# Buy more Wheat!...



## HozayBuck (Jan 27, 2010)

To long to post but I think it's something we all need to be doing something about... like MORE WHEAT!

Asia Times Online :: Middle East News, Iraq, Iran current affairs


----------



## UncleJoe (Jan 11, 2009)

Here is the meat of it:

Egypt had its Clavell moment on February 8 when the Food and Agricultural Organization warned that drought in China might require the world's largest wheat producer to import vast amounts of the grain, forcing the market price to levels never seen before.

Not until June will we know the extent of the damage to China's winter wheat crop, virtually all its production. Extremely low rainfall this winter parched more than 5 million hectares of 14 million hectares planted, and the next few weeks' weather will determine if the world faces a real shortage of the staff of life.

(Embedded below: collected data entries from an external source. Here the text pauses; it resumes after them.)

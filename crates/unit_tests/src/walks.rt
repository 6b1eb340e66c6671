//! Walks through two trees, and how many nodes they read.

ghost use Rattle.std.specs.Prelude.{IfOk};
ghost use Rattle.chunk_store.specs.Digests.{cut_address};
ghost use Rattle.chunk_store.specs.Drafts.{Longer, chunks_of};
ghost use Rattle.prolly_tree.specs.Lists.{StandsForRows};

use crate::rows::Rows;
use crate::samples::{draft_of, tree_of};
use chunk_store::{Draft, PutFault, Sha512Cut};
use pair_walk::{ItemChange, ReadCount, changes};
use std::alloc::Global;
use std::test::*;
use tuple_codec::Address;

/// So many rows, whose keys are even numbers, or odd ones, and whose values are made of one byte, but for one row's.
#[derive(Clone, Copy)]
struct Sample {
    count: u16,
    odd: bool,
    kind: Rows,
    byte: u8,
    marked: Option<u32>,
}

fn even_rows(count: u16) -> Sample {
    Sample {
        count,
        odd: false,
        kind: Rows::Long,
        byte: 7,
        marked: None,
    }
}

/// The byte of the value at a number, where it has a row.
fn byte_at(sample: Sample, number: u32) -> Option<u8> {
    if sample.marked == Some(number) {
        return Some(9);
    }
    if (number % 2 == 1) == sample.odd {
        Some(sample.byte)
    } else {
        None
    }
}

fn root_of(alloc: Global, draft: &mut Draft<Sha512Cut>, sample: Sample) -> Result<Address, PutFault>
    ensures tree { IfOk result (λ root. StandsForRows cut_address (chunks_of draft.new.chunks) root.0) }
    ensures longer { Longer draft.old.chunks draft.new.chunks }
{
    let end = 2 * sample.count as u32;
    tree_of(alloc, draft, sample.kind, end, |number| {
        byte_at(sample, number)
    })
}

/// How many rows were added, removed and replaced.
fn kinds_of(list: &[ItemChange]) -> [usize; 3] {
    let added = list.iter().filter(|change| change.old.is_none()).count();
    let removed = list.iter().filter(|change| change.new.is_none()).count();
    let replaced = list
        .iter()
        .filter(|change| change.old.is_some() && change.new.is_some())
        .count();
    [added, removed, replaced]
}

/// How many changes of each kind there are between the trees of two samples, and how many nodes are read.
fn compare(alloc: Global, old: Sample, new: Sample) -> Result<([usize; 3], u64), PutFault> {
    let mut draft = draft_of::<Sha512Cut>(alloc)?;
    let old = root_of(alloc, &mut draft, old)?;
    let new = root_of(alloc, &mut draft, new)?;
    let mut reads = ReadCount::new();
    let list = changes(alloc, &draft, &old, &new, &mut reads)?;
    Ok((kinds_of(&list), reads.count()))
}

// two samples, how many changes of each kind there are between their trees, and how many nodes are read at least and at most
#[test]
fn changes_are_found_and_few_nodes_are_read(rt: HostRuntime) -> Result<(), Fail> {
    let mut values = even_rows(500);
    values.byte = 8;
    let mut keys = even_rows(500);
    keys.odd = true;
    let mut one = even_rows(3_000);
    one.marked = Some(2_000);
    let mut short = even_rows(30_000);
    short.kind = Rows::Short;
    let mut longer = even_rows(30_001);
    longer.kind = Rows::Short;
    for (old, new, kinds, least, most) in [
        (even_rows(500), even_rows(500), [0, 0, 0], 0, 0),
        (even_rows(0), even_rows(3), [3, 0, 0], 2, 2),
        (even_rows(3), even_rows(0), [0, 3, 0], 2, 2),
        // one more row, at the end
        (short, longer, [1, 0, 0], 2, 40),
        // two nodes on each of three levels
        (even_rows(3_000), one, [0, 0, 1], 6, 6),
        (even_rows(500), values, [0, 0, 500], 2, u64::MAX),
        (even_rows(500), keys, [500, 500, 0], 2, u64::MAX),
    ] {
        let (found, reads) = compare(rt.alloc(), old, new)?;
        assert!(rt;
            found == kinds && least <= reads && reads <= most,
            "{kinds:?}"
        );
    }
    Ok(())
}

Hoarding on the part of North African countries, starting with Algeria, has already pushed up the wheat price in the Mediterranean to a 20% premium over the price shown on the Chicago futures market. The immediate risk is that pre-emptive purchases of wheat will price the grain out of the reach of poor Egyptians, not to mention Pakistanis and Bengalis.

And if reserve-rich China, usually self-sufficient, goes into the world market to buy millions of tons of wheat, the price of wheat can rise to an arbitrarily high level.

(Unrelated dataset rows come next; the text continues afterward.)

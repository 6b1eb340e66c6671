//! The workload: a script of eight sessions that write one table, made of a seed.
#![tactic(auto)]

mod draws;
mod laws;
mod scripts;
mod steps;

pub use draws::Drawn;
pub use laws::law_of_workload;
pub use scripts::load_script;
pub use steps::{LoadStep, Pair};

There is a root cause to the Egyptian uprising, as I wrote last week (Food and failed Arab states,February 2), and it is not Israel, but China: prosperity in Asia creates inelastic demand for grain, such that a minor supply disruption such as the 2010 droughts in Argentina and Russia causes huge price increases. American economist Larry Kudlow observes as well that ethanol subsidies artificially inflate grain demand as well, contributing to the present price spike.


----------



## HozayBuck (Jan 27, 2010)

Thanks UJ.. that cut right to the chase.. 

But still read the whole thing if you can.. there is some interesting info there


----------



## UncleJoe (Jan 11, 2009)

HozayBuck said:


> But still read the whole thing if you can.. there is some interesting info there


Absolutely!! I only posted an overview.


----------



## BizzyB (Dec 10, 2010)

Great find -- good read. Thanks!


----------



## SaskDame (Aug 27, 2010)

Grow more wheat would also be useful. The wheat in long term storage is out of circulation if there is land available to seed it into.


----------



## BasecampUSA (Dec 26, 2010)

SaskDame said:


> Grow more wheat would also be useful. The wheat in long term storage is out of circulation if there is land available to seed it into.


Yup!

Got a test acre under cultivation right now here on the coast of Maine. It was planted right after the dry pinto beans were harvested there mid-September, so it should have a lot of nitrogen to benefit from.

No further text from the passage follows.